WHAT TO PRODUCE: Look through the records, and whenever a line includes the word "overlaps", copy it.

RECORDS FOR THIS TASK:
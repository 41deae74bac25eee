//! The rule for a pair of accesses (after MPI 3.1, section 11.7).
ghost use Rattle.std.specs.Prelude.{◌≡◌};
ghost use Rattle.call_rules.specs.Sameness.{is_same_dtype, is_same_op};
ghost use Rattle.call_rules.specs.Transfers.{is_no_op};
ghost use Rattle.rank_rules.specs.Ranges.{do_overlap};
ghost use Rattle.order_rules.specs.Roles.{role_of};
ghost use Rattle.order_rules.specs.Rules.{accumulation_of, are_excepted, bytes_reached, may_combine, rma_rule};
ghost use Rattle.order_rules.specs.Rules.{rule_for, rule_if, store_rule};
ghost use Rattle.order_rules.specs.Rules.{forbidden_kind as rule_of_pair};
ghost use Rattle.rma_rules.specs.Same.{pair_by, role_by};

use rma_types::{Access, Dtype, Kind, Model, Op, Rule};

/// What an access is to the rules: an RMA update, an RMA read, a store or a load (MPI 3.1, sections 11.3 and 11.7).
#[derive(Clone, Copy, Debug, PartialEq, Eq)]
pub enum Part {
    Update,
    Read,
    Store,
    Load,
}

/// The part of an access of this kind. An accumulate with `no_op` is a read.
pub fn part_of(kind: Kind) -> Part
    ensures { role_by result ≡ role_of kind }
{
    match kind {
        Kind::Get => Part::Read,
        Kind::Put | Kind::Cas { dtype: _ } => Part::Update,
        Kind::Acc {
            op: Op::NoOp,
            dtype: _,
        } => Part::Read,
        Kind::Acc { op: _, dtype: _ } => Part::Update,
        Kind::Load => Part::Load,
        Kind::Store => Part::Store,
    }
}

fn is_same_datatype(a: Dtype, b: Dtype) -> bool
    ensures { result ≡ is_same_dtype a b }
{
    a == b
}

fn is_same_operation(a: Op, b: Op) -> bool
    ensures { result ≡ is_same_op a b }
{
    a == b
}

fn is_nothing(op: Op) -> bool
    ensures { result ≡ is_no_op op }
{
    op == Op::NoOp
}

/// The datatype of an accumulate or a cas, and the operation; a cas has none.
fn accumulation(kind: Kind) -> Option<(Dtype, Option<Op>)>
    ensures { result ≡ accumulation_of kind }
{
    match kind {
        Kind::Acc { op, dtype } => Some((dtype, Some(op))),
        Kind::Cas { dtype } => Some((dtype, None)),
        Kind::Get | Kind::Put | Kind::Load | Kind::Store => None,
    }
}

/// Whether two operations of one datatype may overlap; that of a cas is none.
fn do_combine(a: Option<Op>, b: Option<Op>, one_origin: bool) -> bool
    ensures { result ≡ may_combine a b one_origin }
{
    match (a, b) {
        (Some(a), Some(b)) => is_same_operation(a, b)
            || is_nothing(a)
            || is_nothing(b)
            || one_origin,
        (None, _) | (_, None) => true,
    }
}

/// Whether both are accumulates or cas of one datatype on one window, which may overlap.
fn are_alike(a: &Access, b: &Access, one_origin: bool) -> bool
    ensures { result ≡ are_excepted a.now b.now one_origin }
{
    if a.window != b.window {
        return false;
    }
    match (accumulation(a.kind), accumulation(b.kind)) {
        (Some((first, a)), Some((second, b))) => is_same_datatype(first, second)
            && do_combine(a, b, one_origin),
        (None, _) | (_, None) => false,
    }
}

/// Whether the two accesses reach a common byte.
fn do_meet(a: &Access, b: &Access) -> bool
    ensures { result ≡ do_overlap (bytes_reached a.now) (bytes_reached b.now) }
{
    let a_end = u64::from(a.lo) + u64::from(a.len);
    let b_end = u64::from(b.lo) + u64::from(b.len);
    0 < a.len && 0 < b.len && u64::from(a.lo) < b_end && u64::from(b.lo) < a_end
}

/// What a rule asks of two accesses beside their parts.
#[derive(Clone, Copy, Debug)]
struct Asked {
    model: Model,
    overlaps: bool,
    on_one_window: bool,
    is_excepted: bool,
}

/// The rule for two RMA accesses.
fn between_rma(pair: Asked) -> Option<Rule>
    ensures { result ≡ rma_rule (pair_by pair) }
{
    if pair.overlaps && !pair.is_excepted {
        Some(Rule::S2)
    } else {
        None
    }
}

/// The rule for a store and an RMA update.
fn for_store(pair: Asked) -> Option<Rule>
    ensures { result ≡ store_rule (pair_by pair) }
{
    if pair.overlaps {
        Some(Rule::S1)
    } else if pair.on_one_window && pair.model == Model::Separate {
        Some(Rule::S3)
    } else {
        None
    }
}

fn where_bytes_meet(pair: Asked, rule: Rule) -> Option<Rule>
    ensures { result ≡ rule_if pair.overlaps rule }
{
    if pair.overlaps { Some(rule) } else { None }
}

/// The rule for two accesses by their parts.
fn rule(pair: Asked, a: Part, b: Part) -> Option<Rule>
    ensures { result ≡ rule_for (pair_by pair) (role_by a) (role_by b) }
{
    match (a, b) {
        (Part::Update, Part::Update) => between_rma(pair),
        (Part::Update, Part::Read) | (Part::Read, Part::Update) => between_rma(pair),
        (Part::Update, Part::Store) | (Part::Store, Part::Update) => for_store(pair),
        (Part::Update, Part::Load) | (Part::Load, Part::Update) => where_bytes_meet(pair, Rule::S1),
        (Part::Read, Part::Store) | (Part::Store, Part::Read) => where_bytes_meet(pair, Rule::S2),
        (Part::Read, Part::Read | Part::Load) => None,
        (Part::Store, Part::Store | Part::Load) => None,
        (Part::Load, Part::Read | Part::Store | Part::Load) => None,
    }
}

/// The rule that forbids two accesses of these origins, where neither is ordered before the other: at one target,
/// each of at least one byte (after MPI 3.1, section 11.7, rules S1 to S3). It takes no memory.
pub fn forbidden_kind(
    a: &Access,
    origin_a: u8,
    b: &Access,
    origin_b: u8,
    model: Model,
) -> Option<Rule>
    ensures { result ≡ rule_of_pair a.now origin_a b.now origin_b model }
{
    if a.target != b.target || a.len == 0 || b.len == 0 {
        return None;
    }
    let pair = Asked {
        model,
        overlaps: do_meet(a, b),
        on_one_window: a.window == b.window,
        is_excepted: are_alike(a, b, origin_a == origin_b),
    };
    rule(pair, part_of(a.kind), part_of(b.kind))
}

RESULT FOR THIS EXERCISE:
    overlaps: bool,
    if pair.overlaps && !pair.is_excepted {
    if pair.overlaps {
    ensures { result ≡ rule_if pair.overlaps rule }
    if pair.overlaps { Some(rule) } else { None }
        overlaps: do_meet(a, b),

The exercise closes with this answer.